In response to yesterday’s release of the report confirming the classification of red wolves as a species by the National Academy of Sciences, Engineering, and Medicine, the Southern Environmental Law Center released the following statement by Derb Carter, senior attorney and director of its North Carolina offices:

“The report by the National Academies confirms the longstanding classification of red wolves as a distinct species deserving of protection, and underscores the urgency for the U.S. Fish and Wildlife Service to act now to save the wild red wolf. A federal court found in November that the agency violated the Endangered Species Act when it ended proven conservation measures like coyote sterilization and releases of captive red wolves and failed to respond to the ongoing decline of the species. Now, USFWS has stated that there is only one known breeding pair of red wolves left in the wild. Time is running out to do what we know is required to save this species.”

A red wolf, seen at Beardsley Zoo in Bridgeport, Connecticut. Only one known breeding red wolf pair is left in the wild. Image credit Please credit Kim Bartlett – Animal People, Inc.

The completion of the report has occurred at the same time as the USFWS has taken steps to roll back protections for red wolves in the wild. On November 4, 2018, the U.S. District Court for the Eastern District of North Carolina issued an order declaring that the agency violated the law in gutting protections for the endangered wild red wolves in recent years. The court also made permanent its September 29, 2016, order stopping the service from capturing and killing, and authorizing private landowners to capture and kill wild red wolves not posing a threat to human safety or property.

A red wolf at Syracuse’s Rosamond Gifford Zoo. Image credit Amelia Beamish, CC BY-SA 3.0.

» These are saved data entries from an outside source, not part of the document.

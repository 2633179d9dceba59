// Chains of rules read off the parents.
ghost use Rattle.std.specs.Prelude.{◌≡◌, ℕ, ◌+◌, ◌<◌, ◌≤◌, List, length};
ghost use Rattle.rules.specs.Meets.{EventsBelow};
ghost use Rattle.search.specs.Forests.{Forest, Traced, Written};

use rules::{EventNumber, Rule, RuleNumber};

// Rules and parents stay two parameters: a type that holds both cannot state `Forest`, which is given by a list of events and is no proposition.

// How many rules the chain by parents to the event has.
fn depth(rules: &[Rule], parents: &[Option<u16>], event: EventNumber) -> usize
    requires event { event < length parents.now }
    requires events { EventsBelow (length parents.now) rules.now }
    requires forest { Forest rules.now parents.now }
    ensures few { result < length parents.now }
    ensures traced { (places : List ℕ) × Traced rules.now parents.now event places × (length places ≡ result) }
{
    let mut at = event as usize;
    let mut count = 0;
    while let Some(place) = parents[at] {
        at = rules[place as usize].first as usize;
        count += 1;
    }
    count
}

// Writes the numbers of the rules by which the parents lead to the event, in order of travel, and answers how many there are: the list is the
// caller's, since no call may allocate.
pub fn trace(
    rules: &[Rule],
    parents: &[Option<u16>],
    event: EventNumber,
    numbers: &mut [RuleNumber],
) -> usize
    requires event { event < length parents.now }
    requires events { EventsBelow (length parents.now) rules.now }
    requires forest { Forest rules.now parents.now }
    requires room { length parents.now ≤ length numbers.old + 1 }
    ensures few { result < length parents.now }
    ensures written { Written rules.now parents.now event result numbers.old numbers.new }
{
    let count = depth(rules, parents, event);
    let mut at = event as usize;
    // By index: a proof does not see what a loop over `iter_mut().rev()` writes.
    for left in (0..count).rev() {
        let rule = rules[parents[at].unwrap() as usize];
        numbers[left] = rule.number;
        at = rule.first as usize;
    }
    count
}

Conservation groups brought the federal court action over the USFWS’s decision to allow red wolves that were not causing any problems to be shot and killed by private landowners, at the same time as it rolled back conservation measures that had helped red wolves grow from four pairs released in 1987, to over 100 animals in eastern North Carolina from 2002-2014. Since those management changes were made, the red wolf population has plummeted over the past four years to as few as one known breeding pair of red wolves in the wild today.

In addition to the changes enacted in 2015, the USFWS proposed a rule on June 27, 2018, that would restrict wild red wolves to one National Wildlife Refuge and a bombing range in eastern North Carolina (map available), while allowing the immediate killing of any wolves that live on or wander onto non-federal lands in what previously had been a designated five-county Red Wolf Recovery Area. The USFWS proposal would reduce the recovery area by almost 90 percent.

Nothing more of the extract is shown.